LLM hallucinations (fabricated pricing, invented features, outdated version numbers) erode user trust and can cause real harm in production. Automated detection verifies LLM-generated claims against live search results before the output reaches users. The approach: extract factual assertions, search for each claim, flag mismatches.
Why Search-Based Verification Works
Traditional hallucination detection relies on the model's own confidence scores, which are unreliable. A model can be confidently wrong. Search-based verification is external: if the LLM says "Tavily costs $50/mo" and a Google search for "Tavily pricing 2026" returns results saying "$30/mo", that is a verified mismatch regardless of the model's confidence.
The Verification Pipeline
import requests, os, json
H = {"x-api-key": os.environ["SCAVIO_API_KEY"]}
def verify_claim(claim_text, search_query, expected_value):
"""Verify a factual claim against live search results."""
r = requests.post("https://api.scavio.dev/api/v1/search", headers=H,
json={"platform": "google", "query": search_query},
timeout=10).json()
snippets = " ".join(
s.get("snippet", "") for s in r.get("organic", [])[:3])
verified = expected_value.lower() in snippets.lower()
return {
"claim": claim_text,
"verified": verified,
"evidence": snippets[:300],
}
claims = [
{"text": "Tavily costs $30/mo",
"query": "Tavily pricing 2026",
"expected": "$30"},
{"text": "Firecrawl Hobby plan is $16/mo",
"query": "Firecrawl pricing 2026",
"expected": "$16"},
]
for c in claims:
result = verify_claim(c["text"], c["query"], c["expected"])
status = "PASS" if result["verified"] else "FAIL"

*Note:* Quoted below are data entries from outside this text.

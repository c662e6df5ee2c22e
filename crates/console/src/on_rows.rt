// The commands that use the rows.
use answers::{five_answer, refresh_answer, rows_answer};
use image::numbers::tail;
use kept::Kept;
use kept::lent_rows::{lend_rows, put_row};
use ports::Terminal;
use rows::show;
use words::command::OnRows;

// Answers a command.
pub fn on_rows(terminal: &mut Terminal, asked: OnRows, line: &[u8], kept: &mut Kept) {
    let img = kept.img.lent();
    let good = &mut kept.good;
    let faulty = &mut kept.faulty;
    let answer = match asked {
        OnRows::Lend { good: g, faulty: f } => return lend_rows(terminal, g, f, good, faulty),
        OnRows::PutGood { from } => return put_row(terminal, tail(line, from), good),
        OnRows::PutFaulty { from } => return put_row(terminal, tail(line, from), faulty),
        OnRows::ShowGood { start } => {
            let part = show(good.lent(), faulty.lent(), false, start as usize);
            return terminal.write_hex(b"row ", part);
        }
        OnRows::ShowFaulty { start } => {
            let part = show(good.lent(), faulty.lent(), true, start as usize);
            return terminal.write_hex(b"row ", part);
        }
        OnRows::Rows { pattern, fault } => rows_answer(
            img,
            pattern,
            fault,
            good.lent_mut(),
            faulty.lent_mut(),
        ),
        OnRows::Refresh { line, pattern } => {
            refresh_answer(img, pattern, line as usize, good.lent_mut())
        }
        OnRows::Five {
            named,
            values,
            fault,
        } => five_answer(img, named, values, fault, good.lent_mut()),
    };
    terminal.write(answer.as_slice());
}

print(f"[{status}] {result['claim']}")Cold Start for LLM Failure Data
Building a dataset of known LLM failures is a cold start problem. Instead of waiting for community contributions, pipe search API results as ground truth against LLM outputs automatically. If the LLM says "library X has function Y" and a search for current docs says otherwise, that is a verified failure data point. Automated verification scales better than manual crowdsourcing for building the initial dataset.
What to Verify
- Pricing claims: any dollar amount attributed to a specific product or service
- Version numbers: any specific version (v3.2, 2.0.1) claimed for software
- Feature claims: "X supports Y" or "X integrates with Y"
- Date-sensitive facts: "as of 2026" or "released in Q1"
- Comparative claims: "X is faster/cheaper/better than Y"
The cost of verification is low: 1-3 search queries per claim at $0.005/credit. For a typical LLM response with 5 factual claims, verification costs $0.025-$0.075. Compare that to the cost of a customer making a decision based on a hallucinated pricing comparison.